Updated: Mar 10, 2021

January 22, 2021

A week before we found out that our baby had passed away, my midwife, who is also one of my good friends, couldn’t find a heartbeat with a doppler. At this point, we thought I was only about 11 weeks (we found out later on that I was actually farther along than we had thought) so I wasn’t too worried. I know that I also have a tilted uterus and an anterior placenta. With all of those things in mind, I was calm about the situation and agreed to come back in one week, just to listen for fetal heart tones.

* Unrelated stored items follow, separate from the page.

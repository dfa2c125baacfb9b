//! What holds of making the boot menu.
ghost use Rattle.boot_entries.specs.DefaultLaws.{DefaultEndLaw, DefaultMomentLaw, DefaultNamesLaw, DefaultPartLaw, DefaultPlanLaw, DefaultStaysLaw, GensAfterLaw, MenuBeginsLaw, MenuEndLaw, MenuLaw, MenuSinceLaw, MenuStaysLaw};
ghost use Rattle.boot_entries.specs.Laws.{BootEndLaw, BootMomentLaw, BootOnlyLaw, BootPartLaw, BootPlanLaw};

/// At each moment of making the boot menu that is planned for some generations nothing has changed
/// but its places and the stage, and the last leaves each of its places at its end.
///
/// Source: Boot Loader Specification, "Type #1 Boot Loader Specification Entries"; loader.conf(5).
pub fn boot_entries_come_to_their_end()
    ensures moments { BootOnlyLaw }
    ensures end { BootEndLaw }
{}

/// Making the boot menu of generations is a part of a switch: what its moments keep is kept
/// whatever else changes, and is enough to make it again. Each moment of making the menu that is
/// planned is one of the part.
///
/// Source: Boot Loader Specification, "Type #1 Boot Loader Specification Entries"; loader.conf(5).
pub fn boot_entries_are_a_part()
    ensures part { BootPartLaw }
    ensures moments { BootMomentLaw }
{}

/// A plan of the boot menu stays one where nothing has changed that the part looks at.
pub fn boot_plans_stay()
    ensures { BootPlanLaw }
{}

/// Making a system the boot default is a part of a switch, which comes to its end with its last moment.
/// Wherever it is cut, it leaves the same generations, and the profile names what it named or the
/// system. A plan of it stays one where nothing has changed that it looks at.
///
/// Source: NixOS manual, "Changing the configuration".
pub fn making_a_boot_default_is_a_part()
    ensures gens { GensAfterLaw }
    ensures part { DefaultPartLaw }
    ensures moments { DefaultMomentLaw }
    ensures end { DefaultEndLaw }
    ensures stays { DefaultStaysLaw }
    ensures planned { DefaultPlanLaw }
    ensures names { DefaultNamesLaw }
{}

/// What a firmware finds: at each moment an entry that stands stood at the beginning or is that of a
/// generation that stands, no entry of a generation that stands is missing that stood before, and what
/// the boot loader reads first is as it was or names the current generation, whose entry stands. At the
/// end each entry is that of a generation that stands.
///
/// Source: Boot Loader Specification, "Type #1 Boot Loader Specification Entries"; loader.conf(5).
pub fn boot_menus_stand()
    ensures moments { MenuLaw }
    ensures end { MenuEndLaw }
    ensures begins { MenuBeginsLaw }
    ensures stays { MenuStaysLaw }
    ensures since { MenuSinceLaw }
{}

One week passed and I headed into the birth center with my one year old and three year old (my then four year old was in school). I laid down, joking and laughing with my midwives, as usual. I exposed my belly, which was a definite bump by that point, and she smeared the jellied wand across my abdomen.

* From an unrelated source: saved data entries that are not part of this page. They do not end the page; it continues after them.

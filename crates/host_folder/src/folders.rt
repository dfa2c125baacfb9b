//! The folders on the way to a leaf.
ghost use Rattle.std.specs.Prelude.{◌≡◌, ◌++◌, ◌∷◌, codes, IfOk};
ghost use Rattle.switch_names.specs.Path.{slash};

use crate::fault::Fault;
use host_files::{
    FolderId, PlaceKind, Syncing, clear_folder, foreign, look, make_folder, place_in, sync_folder,
};
use std::alloc::{AllocError, Global};
use std::collections::{BTreeMap, BTreeSet};
use std::rt::Files;
use std::{fs, io, mem};
use switch_names::{Path, Text};

/// What becomes of a folder on the way that is missing.
#[derive(Clone, Copy)]
pub enum Missing {
    /// It stays so.
    Stays,
    /// It is made.
    IsMade,
}

/// The tree's folder, the folders in it that were looked at and are no links, each with which one it is, and those in
/// which something was changed since the last sync, where they are synced.
///
/// What stands in such a folder is read without another look at the way there. Before something changes in it,
/// it is looked at again. A folder is known only where the one that it is in was still the same once it was looked at:
/// so all those above it were, as far as the tree's own.
pub struct Folders {
    root: Text,
    tree: Text,
    known: BTreeMap<String, FolderId>,
    changed: BTreeSet<String>,
    syncing: Syncing,
}

/// One call: a derived drop is proved anew in each function that lets one go.
impl Drop for Folders {
    fn drop(self) {
        let Folders {
            root: _,
            tree: _,
            known: _,
            changed: _,
            syncing: _,
        } = self;
    }
}

/// The folders at or below which leaves are put, by their paths in the tree.
const WRITTEN: [&str; 5] = ["/boot", "/etc", "/nix/var", "/run/nixos", "/var/lib/nixos"];

/// Whether a path is another one or lies below it.
fn is_within(path: &str, other: &str) -> bool {
    match path.strip_prefix(other) {
        Some(rest) => rest.is_empty() || rest.starts_with('/'),
        None => false,
    }
}

impl Folders {
    /// The folders of the tree below this root.
    pub fn new(alloc: Global, root: &str) -> Result<Folders, AllocError>
        ensures root { IfOk result (λ folders. folders.root ≡ root.now) }
        ensures tree { IfOk result (λ folders. folders.tree ≡ root.now ++ codes "/tree") }
    {
        Ok(Folders {
            root: Text::from_str(alloc, root)?,
            tree: place_in(alloc, root, "tree")?,
            known: BTreeMap::new(alloc),
            changed: BTreeSet::new(alloc),
            syncing: Syncing::On,
        })
    }

    /// Whether files and folders are synced.
    pub fn syncing(&self) -> Syncing {
        self.syncing
    }

    /// Says whether files and folders are synced from here on.
    pub fn set_syncing(&mut self, syncing: Syncing) {
        self.syncing = syncing;
    }

    /// The root, below which everything stands. An empty one is no folder.
    pub fn root(&self) -> io::Result<&str> {
        let root = self.root.as_str();
        if root.is_empty() {
            return Err(foreign("no root is named"));
        }
        Ok(root)
    }

    /// The line of a fault that came from a call on the tree or the root.
    pub fn line_of(&self, alloc: Global, fault: &Fault) -> Result<Text, AllocError> {
        fault.line(alloc, self.root.as_str(), self.tree.as_str())
    }

    /// The place of the tree's own folder, where it stands. An empty root is no folder.
    pub fn own_place<R: Files>(&mut self, rt: &R, alloc: Global) -> io::Result<Option<Text>> {
        self.root()?;
        let place = self.tree.copy(alloc)?;
        if self.has_folder(rt, alloc, place.as_str(), Missing::Stays)? {
            return Ok(Some(place));
        }
        Ok(None)
    }

    /// The place of a path's leaf, below the tree's folder. An empty root is no folder.
    pub fn place(&self, alloc: Global, at: &Path) -> io::Result<Text>
        ensures { IfOk result (λ place. place ≡ self.now.tree ++ slash ∷ at.now) }
    {
        self.root()?;
        Ok(place_in(alloc, self.tree.as_str(), at.as_str())?)
    }

    /// Whether each folder on the way to a place of the tree stands, or was made.
    pub fn lead_to<R: Files>(
        &mut self,
        rt: &R,
        alloc: Global,
        place: &str,
        missing: Missing,
    ) -> io::Result<bool> {
        let Some((parent, _)) = place.rsplit_once('/') else {
            return Ok(false);
        };
        if self.known.contains_key(parent) {
            return Ok(true);
        }
        if !place.starts_with(self.tree.as_str()) {
            return Ok(false);
        }
        self.lead_along(rt, alloc, place, missing)
    }

    /// Whether the tree's folder and each one in it on the way to a place stands, or was made.
    fn lead_along<R: Files>(
        &mut self,
        rt: &R,
        alloc: Global,
        place: &str,
        missing: Missing,
    ) -> io::Result<bool> {
        for end in self.tree.as_str().len()..place.len() {
            if !self.leads_past(rt, alloc, place, end, missing)? {
                return Ok(false);
            }
        }
        Ok(true)
    }

    /// Whether the folder on the way to a place that ends here stands, or was made. None may end here.
    fn leads_past<R: Files>(
        &mut self,
        rt: &R,
        alloc: Global,
        place: &str,
        end: usize,
        missing: Missing,
    ) -> io::Result<bool> {
        match place.split_at_checked(end) {
            Some((folder, rest)) if rest.starts_with('/') => {
                self.has_folder(rt, alloc, folder, missing)
            }
            _ => Ok(true),
        }
    }

    /// What stands at a place of the tree. Nothing stands where a folder on the way is missing.
    pub fn find<R: Files>(&mut self, rt: &R, alloc: Global, place: &str) -> io::Result<PlaceKind> {
        if !self.lead_to(rt, alloc, place, Missing::Stays)? {
            return Ok(PlaceKind::Nothing);
        }
        look(rt, place)
    }

    /// Whether a folder stands, or was made, where those on the way to it do.
    fn has_folder<R: Files>(
        &mut self,
        rt: &R,
        alloc: Global,
        folder: &str,
        missing: Missing,
    ) -> io::Result<bool> {
        if self.known.contains_key(folder) {
            return Ok(true);
        }
        let id = match look(rt, folder)? {
            PlaceKind::Folder(id) => id,
            _ if matches!(missing, Missing::Stays) => return Ok(false),
            PlaceKind::Nothing => self.make(rt, alloc, folder)?,
            PlaceKind::File(_) => return Err(foreign("not a folder")),
        };
        self.remember(rt, alloc, folder, id)?;
        Ok(true)
    }

    /// Makes a folder of the tree, and the root before the tree's own, and says which one it is.
    fn make<R: Files>(&mut self, rt: &R, alloc: Global, folder: &str) -> io::Result<FolderId> {
        if folder == self.tree.as_str() {
            fs::create_dir_all(rt, self.root.as_str())?;
        }
        if let Some((above, _)) = folder.rsplit_once('/') {
            self.note_change(alloc, above)?;
        }
        self.check_above(rt, folder)?;
        make_folder(rt, folder)
    }

    /// Looks once more at a folder that was looked at, by one system call. It is a fault where another one
    /// stands there now, or where a link leads to it.
    fn check_folder<R: Files>(&self, rt: &R, folder: &str) -> io::Result<()> {
        match (self.known.get(folder), look(rt, folder)?) {
            (Some(known), PlaceKind::Folder(id)) if *known == id => Ok(()),
            _ => Err(foreign("another folder than before")),
        }
    }

    /// Looks once more at the folder that one of the tree is in. What the tree's own is in isn't looked at.
    fn check_above<R: Files>(&self, rt: &R, folder: &str) -> io::Result<()> {
        match folder.rsplit_once('/') {
            Some((above, _)) if folder != self.tree.as_str() => self.check_folder(rt, above),
            _ => Ok(()),
        }
    }

    /// Whether a folder of the tree stands, after another look at it.
    fn stands<R: Files>(&mut self, rt: &R, alloc: Global, folder: &str) -> io::Result<bool> {
        if self.known.contains_key(folder) {
            self.check_folder(rt, folder)?;
            return Ok(true);
        }
        if !self.lead_to(rt, alloc, folder, Missing::Stays)? {
            return Ok(false);
        }
        self.has_folder(rt, alloc, folder, Missing::Stays)
    }

    /// Looks once more at the folder of a place, right before something changes in it.
    pub fn look_again<R: Files>(&mut self, rt: &R, alloc: Global, place: &str) -> io::Result<()> {
        let Some((folder, _)) = place.rsplit_once('/') else {
            return Err(foreign("in no folder"));
        };
        self.note_change(alloc, folder)?;
        if self.stands(rt, alloc, folder)? {
            return Ok(());
        }
        Err(foreign("in a folder that isn't there"))
    }

    /// Notes that something is to change in a folder, for the next sync.
    fn note_change(&mut self, alloc: Global, folder: &str) -> Result<(), AllocError> {
        if !self.changed.contains(folder) {
            self.changed.insert(String::from_str(alloc, folder)?)?;
        }
        Ok(())
    }

    /// The root, in which something is to change.
    pub fn changing_root(&mut self, alloc: Global) -> io::Result<&str> {
        let root = Text::from_str(alloc, self.root()?)?;
        self.note_change(alloc, root.as_str())?;
        self.root()
    }

    /// Removes a folder of the tree that holds nothing but empty ones. Each folder is then looked at anew.
    pub fn clear<R: Files + AllocGlobal + Clone + Drop>(
        &mut self,
        rt: &R,
        alloc: Global,
        place: &str,
    ) -> io::Result<()> {
        self.look_again(rt, alloc, place)?;
        self.known.clear();
        clear_folder(rt, alloc, place)
    }

    /// Whether the stage may be moved to a place in a folder, or in one that lies above or below it.
    fn is_written(&self, folder: &str) -> bool {
        let Some(path) = folder.strip_prefix(self.tree.as_str()) else {
            return false;
        };
        for written in WRITTEN {
            if is_within(path, written) || is_within(written, path) {
                return true;
            }
        }
        false
    }

    /// It is a fault where a folder that was looked at, and in or below which a leaf may be put, is on another file system
    /// than the tree's own: the stage can't be moved there.
    fn check_file_system<R: Files>(&self, rt: &R, folder: &str, id: FolderId) -> io::Result<()> {
        match self.known.get(self.tree.as_str()) {
            Some(tree) if !tree.is_beside(&id) && self.is_written(folder) => {
                // The fault has the place of the last call on files, which may have been another one.
                look(rt, folder)?;
                Err(foreign("on another file system"))
            }
            _ => Ok(()),
        }
    }

    /// Notes which folder it is that was looked at, where the one that it is in is still the same.
    pub fn remember<R: Files>(
        &mut self,
        rt: &R,
        alloc: Global,
        folder: &str,
        id: FolderId,
    ) -> io::Result<()> {
        self.check_file_system(rt, folder, id)?;
        self.check_above(rt, folder)?;
        self.known.insert(String::from_str(alloc, folder)?, id)?;
        Ok(())
    }

    /// Syncs a folder in which something was changed. One that was taken away since then has no names to keep.
    fn sync_folder<R: Files>(&mut self, rt: &R, alloc: Global, folder: &str) -> io::Result<()> {
        if folder != self.root.as_str() && !self.stands(rt, alloc, folder)? {
            return Ok(());
        }
        sync_folder(rt, folder)
    }

    /// Syncs each of these folders.
    fn sync_each<R: Files>(
        &mut self,
        rt: &R,
        alloc: Global,
        folders: &BTreeSet<String>,
    ) -> io::Result<()> {
        for folder in folders.iter() {
            self.sync_folder(rt, alloc, folder.as_str())?;
        }
        Ok(())
    }

    /// Syncs each folder in which something was changed. Where one fails, all are still to be synced.
    fn sync_changed<R: Files>(&mut self, rt: &R, alloc: Global) -> io::Result<()> {
        let changed = mem::replace(&mut self.changed, BTreeSet::new(alloc));
        let answer = self.sync_each(rt, alloc, &changed);
        if answer.is_err() {
            self.changed = changed;
        }
        answer
    }

    /// Syncs each folder in which something was changed since the last sync, where folders are synced. An empty root is
    /// no folder.
    pub fn sync<R: Files>(&mut self, rt: &R, alloc: Global) -> io::Result<()> {
        self.root()?;
        match self.syncing {
            Syncing::On => self.sync_changed(rt, alloc),
            Syncing::Off => Ok(()),
        }
    }
}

None of us could hear anything.


Now I’m a bit worried, but still trying to keep my cool. She recommends that I run over to our local ultrasound office to get checked.


I left and I called the ultrasound office immediately. They told me that they couldn’t see me until Monday. Their exact words were, “You waited this long (meaning a week) to find out if your baby has a heartbeat, you can wait three more days.“ After that, I hastily made an appointment for Monday morning at 7:30 a.m. I knew I couldn‘t wait until Monday, so I called DJ, my mother-in-law, and our friend, Chelsea. My mother-in-law and Chelsea stayed with our kids, as DJ and I went to the ER.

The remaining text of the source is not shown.